В назначенный день, а потом еще и еще выходили к деревне около станции Щепки встречать Сергея, но он все не появлялся. Днем вели наблюдения за передвижением автомашин на шоссе Сувалки-Августов. Велено было записывать все, что видим, особенно знаки принадлежности к воинским частям. На дороге чувствовалось паническое бегство немцев. Одно из таких наблюдений я вел вместе с двумя старыми знакомыми — партизанами отряда Конвы, которые почему-то были переведены к Роману (последнее время вообще шло большое переформирование польских отрядов). Разговаривали мы с ними довольно откровенно. Поляки опасались, как бы после войны не восстановились прежние порядки: «Уж больно крепко тогда паны пановали. А теперь, вон видишь, все командиры все паны». Я отвечал, что Конва не такой уж пан. «Да, вот, пожалуй, один Конва. Нас все Советской властью пугают. А чего ее бояться? Вот, ведь, пан бежал в партизаны. А мы знаем, кто есть пан». Я не стал рассказывать все мои мотивы и мои опасения. На следующий день мы опять пошли к деревушке встречать Сергея. Партизанские связные сказали, что из Сувалок на велосипеде приезжал молодой парень Сергей, и его арестовали жандармы. Я переполошился. По рассказам поляков это был блондин, курчавый, роста выше среднего. Получалось, что Сергей. Но Федя Кузнецов высказал предположение, что это может быть другой Сергей, паренек, присланный еще до войны в Гродно на геодезическую практику, да так и оставшийся здесь. Я глубоко переживал случившееся, оставаясь в больших сомнениях. А через день этот самый Сергей появился у нас. Он рассказал, что задумал уйти в партизаны, зная, что группа врача Солдатовой уже в лесу. Приехал в деревню на велосипеде и как подозрительный был арестован. Принимавший его в сувальской тюрьме офицер каким-то образом знал Сергея и отпустил его. Теперь он был осторожнее и сумел попасть к нам. Последний раз мы вышли на встречу с Сергеем, но он так и не появился7. Переходя обратно дорогу, задержались, пропуская кенигсбергский поезд. Набирая скорость, совершенно пустой, как бы удирая от опасности с востока, он скрылся за поворотом дороги. (Тот самый поезд, который весной доставил нас сюда и отвез двух немцев-парашютистов из Москвы в Кенигсберг.)

На другой день тронулись в обратный путь, выйдя из лагеря после обеда. Чувствовалось приближение фронта. В небе иногда пролетали самолеты, слышалась далекая канонада. Шли быстро, спокойно, осторожно, торопясь попасть к своим. Двигаясь уже в темноте по лесной дороге, заметили на ней следы множества ног. Куда они шли, было не ясно. Вдруг впереди послышалась яростная ружейно-пулеметная стрельба. Длилась она минут пять, потом стихла-Шли мы теперь тихо и очень настороженно. Переходя шоссе Сейны-Августов, в придорожной канаве нашли телефонный кабель. Чей он? Резать или нет? Решили не трогать. Примерно в километре от Августовского канала остановились посовещаться. Там ведь уже были вырыты окопы. Заняты они немцами? Если да, то нам не пройти. Надо узнать. Костя говорит «Давай, Андрей, ты иди».

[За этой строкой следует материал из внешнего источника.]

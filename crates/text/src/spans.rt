// Bytes up to a mark: the fields of a line, the lines of a block.
ghost use Rattle.std.specs.Prelude.{◌≡◌, ◌+◌, length, drop};
ghost use Rattle.text.specs.Spans.{until};

// Where the bytes from a place on end: at the next mark, or where s ends.
// A place beside s and no slice: the promise is of places past the end too, where `from` comes back.
pub fn end_of(s: &[u8], from: usize, mark: u8) -> usize
    ensures { result ≡ from + length (until mark (drop from s.now)) }
{
    let rest = s.get(from..).unwrap_or(&[]);
    from + rest.iter().take_while(|&&b| b != mark).count()
}
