// Numbers by their digits: whole numbers, numbers of fixed width, factors.
ghost use Rattle.std.specs.Prelude.{◌≡◌, ◌≤◌, ◌<◌, ◌+◌, ◌/◌, ◌%◌, ◌^◌, drop};
ghost use Rattle.text.specs.Writing.{Wrote};
ghost use Rattle.text.specs.Digits.{binary, dig, bare, whole_text, padded_text, factor_text};

use crate::writer::Writer;

// A digit that is 0 or 1.
pub fn binary(on: bool) -> u8
    ensures { result ≡ binary on }
{
    b'0' + u8::from(on)
}

// The digit of n with k digits behind it; a number has ten at most.
pub fn digit_at(n: u32, k: usize) -> u8
    ensures { result ≡ 48 + n / 10 ^ k % 10 }
{
    if k < 10 {
        b'0' + (n / 10u32.pow(k as u32) % 10) as u8
    } else {
        b'0'
    }
}

// All digits that a number can have, the highest first.
fn digits_of(n: u32) -> [u8; 10]
    ensures { result ≡ dig 10 n }
{
    std::array::from_fn(|i| digit_at(n, 9 - i))
}

// How many of the digits are leading zeros; the last digit is none.
fn zeros(d: [u8; 10]) -> usize
    ensures { (result ≤ 9) × (drop result d ≡ bare d) }
{
    d[..9].iter().take_while(|&&b| b == b'0').count()
}

impl Writer<'_> {
    // A whole number without leading zeros; one digit needs no search for them.
    pub fn whole(&mut self, n: u32)
        ensures { Wrote self.old self.new (whole_text n) }
    {
        if n < 10 {
            return self.put(b'0' + n as u8);
        }
        let d = digits_of(n);
        self.append(&d[zeros(d)..]);
    }

    // A number of fixed width, with leading zeros; ten digits at most.
    // Digit by digit, and put into its callers: each knows the width, and no other digit is made.
    #[inline(always)]
    #[tactic(auto, using(crate::proofs::Decimals::dig_next))]
    pub fn padded(&mut self, n: u32, width: usize)
        ensures { Wrote self.old self.new (padded_text n width) }
    {
        for k in (0..width.min(10)).rev() {
            self.put(digit_at(n, k));
        }
    }

    // A factor of t thousandths.
    #[tactic(auto, using(crate::proofs::Pages::puts_append))]
    pub fn factor(&mut self, t: u32)
        ensures { Wrote self.old self.new (factor_text t) }
    {
        self.whole(t / 1000);
        self.put(b'.');
        self.padded(t, 3);
    }
}
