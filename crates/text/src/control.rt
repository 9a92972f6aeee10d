// The control bytes of the mnemonics protocol, and the characters of a line.
pub const ETX: u8 = 3;

pub const ENQ: u8 = 5;

pub const ACK: u8 = 6;

pub const LF: u8 = 10;

pub const CR: u8 = 13;

pub const NAK: u8 = 21;

pub const SPACE: u8 = 32;

// The least and the greatest character.
pub const LEAST_CHARACTER: u8 = 33;

pub const MOST_CHARACTER: u8 = 126;
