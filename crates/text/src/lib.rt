// Text put into a lent output, and the bytes and digits that it is made of.
#![tactic(auto)]

pub mod control;
pub mod digits;
pub mod hex;
pub mod spans;
pub mod writer;
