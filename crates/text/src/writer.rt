// Bytes put into a lent output one after the other.
ghost use Rattle.std.specs.Prelude.{◌≡◌, ◌-◌, ◌∷◌, [], length};
ghost use Rattle.text.specs.Page.{page};
ghost use Rattle.text.specs.Writing.{page_of, Wrote};

// A lent output, and the place where its next byte goes.
// No `Display`: a reply is bytes of the lent output, cut where its room ends, and `Wrote` says each; no String, no heap.
#[derive(Drop)]
pub struct Writer<'a> {
    bytes: &'a mut [u8],
    at: usize,
}

impl<'a> Writer<'a> {
    // A writer that goes on from a place.
    pub fn new(bytes: &'a mut [u8], at: usize) -> Writer<'a>
        ensures same_output { result.bytes.ghost_name ≡ bytes.entry.ghost_name }
        ensures page { page_of result ≡ page bytes.old at }
    {
        Writer { bytes, at }
    }

    // The place behind what was written.
    pub fn at(&self) -> usize
        ensures { result ≡ self.now.at }
    {
        self.at
    }

    // How many bytes there is still room for.
    pub fn free(&self) -> usize
        ensures { result ≡ length self.now.bytes.now - self.now.at }
    {
        self.bytes.len().saturating_sub(self.at)
    }

    // One byte more; past the end nothing changes.
    pub fn put(&mut self, b: u8)
        ensures { Wrote self.old self.new (b ∷ []) }
    {
        // not by `get_mut`: tried, and after it nothing is known of the other bytes
        if self.at < self.bytes.len() {
            self.bytes[self.at] = b;
            self.at += 1;
        }
    }

    // The bytes of s, as far as there is room.
    // Two ways, put into the caller: a text whose length is known there needs no place in memory to be copied from.
    #[inline(always)]
    #[tactic(auto, using(crate::proofs::Pages::puts_between))]
    pub fn append(&mut self, s: &[u8])
        ensures { Wrote self.old self.new s.now }
    {
        if self.at < self.bytes.len() && s.len() <= self.bytes.len() - self.at {
            self.bytes[self.at..self.at + s.len()].copy_from_slice(s);
            self.at += s.len();
        } else {
            self.cut(s);
        }
    }

    // As much of s as there is room for; byte by byte, so that here too a short text needs no place in memory.
    #[inline(always)]
    fn cut(&mut self, s: &[u8])
        ensures { Wrote self.old self.new s.now }
    {
        for b in s {
            self.put(*b);
        }
    }
}
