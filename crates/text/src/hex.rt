// Upper-case hexadecimal: two digits to a byte.
ghost use Rattle.std.specs.Prelude.{◌≡◌};
ghost use Rattle.text.specs.Hex.{value_of};

pub const DIGITS: [u8; 16] = *b"0123456789ABCDEF";

// The value of a digit; none for any other character.
#[tactic(auto, unfolding(crate::specs::Hex::value_of))]
pub fn value_of(digit: u8) -> Option<u8>
    ensures { result ≡ value_of digit }
{
    match digit {
        b'0'..=b'9' => Some(digit - b'0'),
        b'A'..=b'F' => Some(digit - b'A' + 10),
        _ => None,
    }
}
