impl Station {
    ghost use Rattle.std.specs.Prelude.{◌≡◌, ◌↔◌, ℕ, ◌+◌, ◌<◌, ◌≤◌, true, false, List, [], length};
    ghost use Rattle.std.specs.Prelude.{slice_index_or, IsTrue, Some, Err, OnErr, IfSome};
    ghost use Rattle.std.specs.Prelude.{option_map, if◌then◌else◌};
    ghost use Rattle.ddcmp_frame.specs.Reader.{StandsFor, open_of};
    ghost use Rattle.ddcmp_frame.specs.Reading.{open_at_end, kept_at_end};
    ghost use Rattle.ddcmp_window.specs.Store.{first_message, with_front};
    ghost use Rattle.ddcmp_core.specs.Table.{may_start, answer_to_start, after_start};
    ghost use Rattle.ddcmp_core.specs.Table.{after_enter_maintenance, after_halt};
    ghost use Rattle.ddcmp_core.specs.Choosing.{chosen};
    ghost use Rattle.ddcmp_core.specs.Choosing.{answer_to_choose};
    ghost use Rattle.ddcmp_core.specs.Table.{send_refusal as send_refusal_of, answer_to_send};
    ghost use Rattle.ddcmp_core.specs.Table.{may_send, after_accept, answer_to_send_maintenance};
    ghost use Rattle.ddcmp_core.specs.Table.{may_send_maintenance, after_take, after_expire, is_on};
    ghost use Rattle.ddcmp_core.specs.Table.{is_ack};
    ghost use Rattle.ddcmp_core.specs.Table.{is_fresh, is_halted, after_take_arm, next, next_frame};
    ghost use Rattle.ddcmp_core.specs.Frames.{header_of};
    ghost use Rattle.ddcmp_core.specs.Counting.{counters_after_expire};
    ghost use Rattle.ddcmp_proto.specs.Bytes.{frame_on_line, after_poll};
    ghost use Rattle.ddcmp_proto.specs.Config.{config_of};
    ghost use Rattle.ddcmp_proto.specs.Station.{IsSoundStation, held_of, held_at_most};
    ghost use Rattle.ddcmp_proto.specs.Station.{message_bytes};

    /// Asks the peer to start; returns how many queued messages were dropped.
    pub fn start(&mut self) -> Result<u8, StartRefusal>
        ensures state { self.new ≡ record self.old {
          core = record self.old.core {
            station = if may_start self.old.core.station then after_start self.old.core.station
                else self.old.core.station;
          };
        } }
        ensures answer { result ≡ answer_to_start self.old.core.station }
        ensures refused { OnErr result (self.new ≡ self.old) }
    {
        self.core.start()
    }

    /// Enters the Maintenance state; returns how many queued messages were dropped.
    pub fn enter_maintenance(&mut self) -> Result<u8, StartRefusal>
        ensures state { self.new ≡ record self.old {
          core = record self.old.core {
            station = if may_start self.old.core.station
                then after_enter_maintenance self.old.core.station else self.old.core.station;
          };
        } }
        ensures answer { result ≡ answer_to_start self.old.core.station }
        ensures refused { OnErr result (self.new ≡ self.old) }
    {
        self.core.enter_maintenance()
    }

    /// Chooses when messages are acknowledged, if the station is halted and its inbox empty: when
    /// they are taken, or when they are received. It stays so over starts. A new station
    /// acknowledges what it receives.
    pub fn acknowledge_on_take(&mut self, by_user: bool) -> Result<(), StartRefusal>
        ensures state { self.new ≡ record self.old {
          core = record self.old.core { station = chosen by_user self.old.core.station };
        } }
        ensures answer { result ≡ answer_to_choose self.old.core.station }
        ensures refused { OnErr result (self.new ≡ self.old) }
    {
        self.core.acknowledge_on_take(by_user)
    }

    /// Halts: the station sends and accepts nothing more. Numbers and messages stay.
    pub fn halt(&mut self)
        ensures { self.new ≡ record self.old {
          core = record self.old.core { station = after_halt self.old.core.station };
        } }
    {
        self.core.halt();
    }

    /// Drops the bytes of the line so far, if the station is halted; returns whether it is.
    pub fn clear_line(&mut self) -> bool
        ensures answer { result ≡ is_halted self.old.core.station.state }
        ensures cleared { result ≡ true → StandsFor self.new.line [] }
        ensures core { (self.new.core ≡ self.old.core) × (self.new.syn ≡ self.old.syn) }
        ensures refused { result ≡ false → self.new ≡ self.old }
    {
        if self.state() != State::Halted {
            return false;
        }
        self.reader.reset();
        true
    }

    /// Returns why a message isn't accepted, or None if it is.
    pub fn send_refusal(&self, message: &[u8]) -> Option<SendRefusal>
        ensures { result
            ≡ send_refusal_of self.now.core.limits self.now.core.station message.now }
    {
        self.core.send_refusal(message)
    }

    /// Queues a message and returns its number.
    pub fn send(&mut self, message: &[u8]) -> Result<Seq, SendRefusal>
        ensures state { self.new ≡ record self.old {
          core = record self.old.core {
            station = if may_send self.old.core.limits self.old.core.station message.now
                then after_accept self.old.core.station message.now else self.old.core.station;
          };
        } }
        ensures answer { result
            ≡ answer_to_send self.old.core.limits self.old.core.station message.now }
        ensures refused { OnErr result (self.new ≡ self.old) }
    {
        self.core.send(message)
    }

    /// Queues a maintenance message.
    pub fn send_maintenance(&mut self, message: &[u8]) -> Result<(), SendRefusal>
        ensures state { self.new ≡ record self.old {
          core = record self.old.core {
            station = if may_send_maintenance self.old.core.limits self.old.core.station message.now
                then after_accept self.old.core.station message.now else self.old.core.station;
          };
        } }
        ensures answer { result
            ≡ answer_to_send_maintenance self.old.core.limits self.old.core.station message.now }
        ensures refused { OnErr result (self.new ≡ self.old) }
    {
        self.core.send_maintenance(message)
    }

    /// Writes SYN fill and the next frame at the front of `out`; returns how many bytes they have.
    pub fn poll(&mut self, out: &mut [u8]) -> Option<usize>
        requires { self.old.syn + self.old.core.limits.longest + 10 ≤ length out.old }
        ensures state { self.new ≡ record self.old { core = after_poll self.old.core } }
        ensures length { result ≡ option_map length
            (option_map (frame_on_line self.old.syn) (next_frame (next self.old.core.station))) }
        ensures most { IfSome result (λ n. n ≤ self.old.syn + self.old.core.limits.longest + 10) }
        ensures out { out.new ≡ with_front
            (option_map (frame_on_line self.old.syn) (next_frame
            (next self.old.core.station))) out.old }
        ensures within { IfSome result (λ n. n ≤ MAX_COUNT + 10 + MAX_SYN) }
    {
        write_next(&mut self.core, self.config.syn, out)
    }

    /// Returns the header of the frame that `poll` would write.
    pub fn next_header(&self) -> Option<Header>
        ensures header { result ≡ option_map header_of (next_frame (next self.now.core.station)) }
        ensures sound { IsSoundStation self.now }
    {
        self.core.next_header()
    }

    /// Returns the number of bytes that `poll` would write.
    pub fn next_length(&self) -> Option<usize>
        ensures { result ≡ option_map length
            (option_map (frame_on_line self.now.syn) (next_frame (next self.now.core.station))) }
    {
        match self.next_header() {
            None => None,
            Some(header) => Some(self.config.syn as usize + header.frame_length()),
        }
    }

    /// Moves the first message of the inbox to the front of `out` and returns its length.
    pub fn take(&mut self, out: &mut [u8]) -> Option<usize>
        requires { self.old.core.limits.longest ≤ length out.old }
        ensures state { self.new ≡ record self.old {
          core = record self.old.core { station = after_take self.old.core.station };
        } }
        ensures length { result ≡ option_map length (first_message self.old.core.station.inbox) }
        ensures out { out.new ≡ with_front (first_message self.old.core.station.inbox) out.old }
    {
        self.core.take(out)
    }

    /// Handles an expiry of the timer; returns whether it was on.
    pub fn expire(&mut self) -> bool
        ensures state { self.new ≡ record self.old {
          core = record self.old.core {
            station = after_expire self.old.core.station;
            counters = counters_after_expire self.old.core.station self.old.core.counters;
          };
        } }
        ensures answer { result ≡ is_on self.old.core.station.timer }
    {
        self.core.expire()
    }

    /// Returns whether the timer was started since the last call: if so, the caller sets its
    /// deadline.
    pub fn take_arm(&mut self) -> bool
        ensures state { self.new ≡ record self.old {
          core = record self.old.core { station = after_take_arm self.old.core.station };
        } }
        ensures answer { result ≡ is_fresh self.old.core.station.timer }
    {
        self.core.take_arm()
    }

    /// Returns the state.
    pub fn state(&self) -> State
        ensures { result ≡ self.now.core.station.state }
    {
        self.core.state()
    }

    /// Returns the numbers of the station.
    pub fn numbers(&self) -> Numbers
        ensures { result ≡ record {
          r = record { 0 = self.now.core.station.r };
          n = record { 0 = self.now.core.station.n };
          a = record { 0 = self.now.core.station.a };
          t = record { 0 = self.now.core.station.t };
        } }
    {
        self.core.numbers()
    }

    /// Returns the number of queued messages.
    pub fn outgoing(&self) -> u8
        ensures { result ≡ length self.now.core.station.out }
    {
        self.core.outgoing()
    }

    /// Returns whether fewer messages are queued than the window allows.
    pub fn room(&self) -> bool
        ensures { IsTrue result ↔ (length self.now.core.station.out < self.now.core.limits.window) }
    {
        self.core.room()
    }

    /// Returns the number of messages in the inbox.
    pub fn waiting(&self) -> u8
        ensures { result ≡ length self.now.core.station.inbox }
    {
        self.core.waiting()
    }

    /// Returns the length of message `i` of the inbox, counted from 0.
    pub fn waiting_length(&self, i: u8) -> usize
        requires { i < length self.now.core.station.inbox }
        ensures length { result ≡ length (slice_index_or self.now.core.station.inbox i []) }
        ensures most { result ≤ self.now.core.limits.longest }
    {
        self.core.waiting_length(i)
    }

    /// Copies message `i` of the inbox, counted from 0, to the front of `out` and returns its
    /// length.
    pub fn waiting_at(&self, i: u8, out: &mut [u8]) -> usize
        requires there { i < length self.now.core.station.inbox }
        requires longest { self.now.core.limits.longest ≤ length out.old }
        ensures length { result ≡ length (slice_index_or self.now.core.station.inbox i []) }
        ensures out { out.new
            ≡ with_front (Some (slice_index_or self.now.core.station.inbox i [])) out.old }
    {
        self.core.waiting_at(i, out)
    }

    /// Returns whether the timer isn't off.
    pub fn timer_on(&self) -> bool
        ensures { result ≡ is_on self.now.core.station.timer }
    {
        self.core.timer_on()
    }

    /// Returns whether an ACK is owed, or data that carry it.
    pub fn owes_ack(&self) -> bool
        ensures { result ≡ is_ack self.now.core.station.reply }
    {
        self.core.owes_ack()
    }

    /// Returns the counters.
    pub fn counters(&self) -> &Counters
        ensures { result.now ≡ self.now.core.counters }
    {
        self.core.counters()
    }

    /// Returns the number of bytes of the line since it was cleared.
    pub fn offset(&self) -> u64
        ensures value { result ≡ self.now.line.offset }
        ensures text { (text : List ℕ) → StandsFor self.now.line text → result ≡ length text }
    {
        self.reader.offset()
    }

    /// Returns the number of bytes from the start byte of the unfinished frame on.
    pub fn open(&self) -> usize
        ensures value { result ≡ open_of self.now.line }
        ensures text { (text : List ℕ) → StandsFor self.now.line text
            → result ≡ open_at_end self.now.core.limits.longest text }
    {
        self.reader.open()
    }

    /// Returns the number of bytes of queued messages, of received messages, and of the unfinished
    /// frame; none for a frame that is too long.
    pub fn held(&self) -> usize
        ensures value { result ≡ held_of self.now }
        ensures text { (text : List ℕ) → StandsFor self.now.line text
            → result
            ≡ message_bytes self.now.core.station + kept_at_end self.now.core.limits.longest text }
        ensures within { result ≤ held_at_most self.now.core.limits }
    {
        self.core.bytes() + self.reader.kept()
    }

    /// Returns the sizes with which it was made.
    pub fn config(&self) -> Config
        ensures { result ≡ config_of self.now.core.limits self.now.syn }
    {
        let Station { config, .. } = self;
        *config
    }

    /// Returns the room that `poll` needs: the largest number of bytes that it writes.
    pub fn frame_room(&self) -> usize
        ensures { result ≡ self.now.syn + self.now.core.limits.longest + 10 }
    {
        self.config.frame_room()
    }

    /// States what holds for every station. Does nothing.
    pub fn holds(&self)
        ensures { IsSoundStation self.now }
    {
        self.core.holds();
    }
}
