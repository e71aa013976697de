//! Settling: every world comes to rest.
#![tactic(auto)]

pub mod laws;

Все согласились: «Иди, иди ты». — «Ладно, только возьмите мой рюкзак, пойду налегке». — «Да возьми еще кого-нибудь, один не ходи», — сказал Костя. Взял Федю Кузнецова. Пошли. А небо на северо-востоке стало чуть-чуть светлеть, хотя в лесу было совсем еще темно. К каналу были прорублены редкие просеки, видно, для подвоза леса, и мы двинулись по одной из них.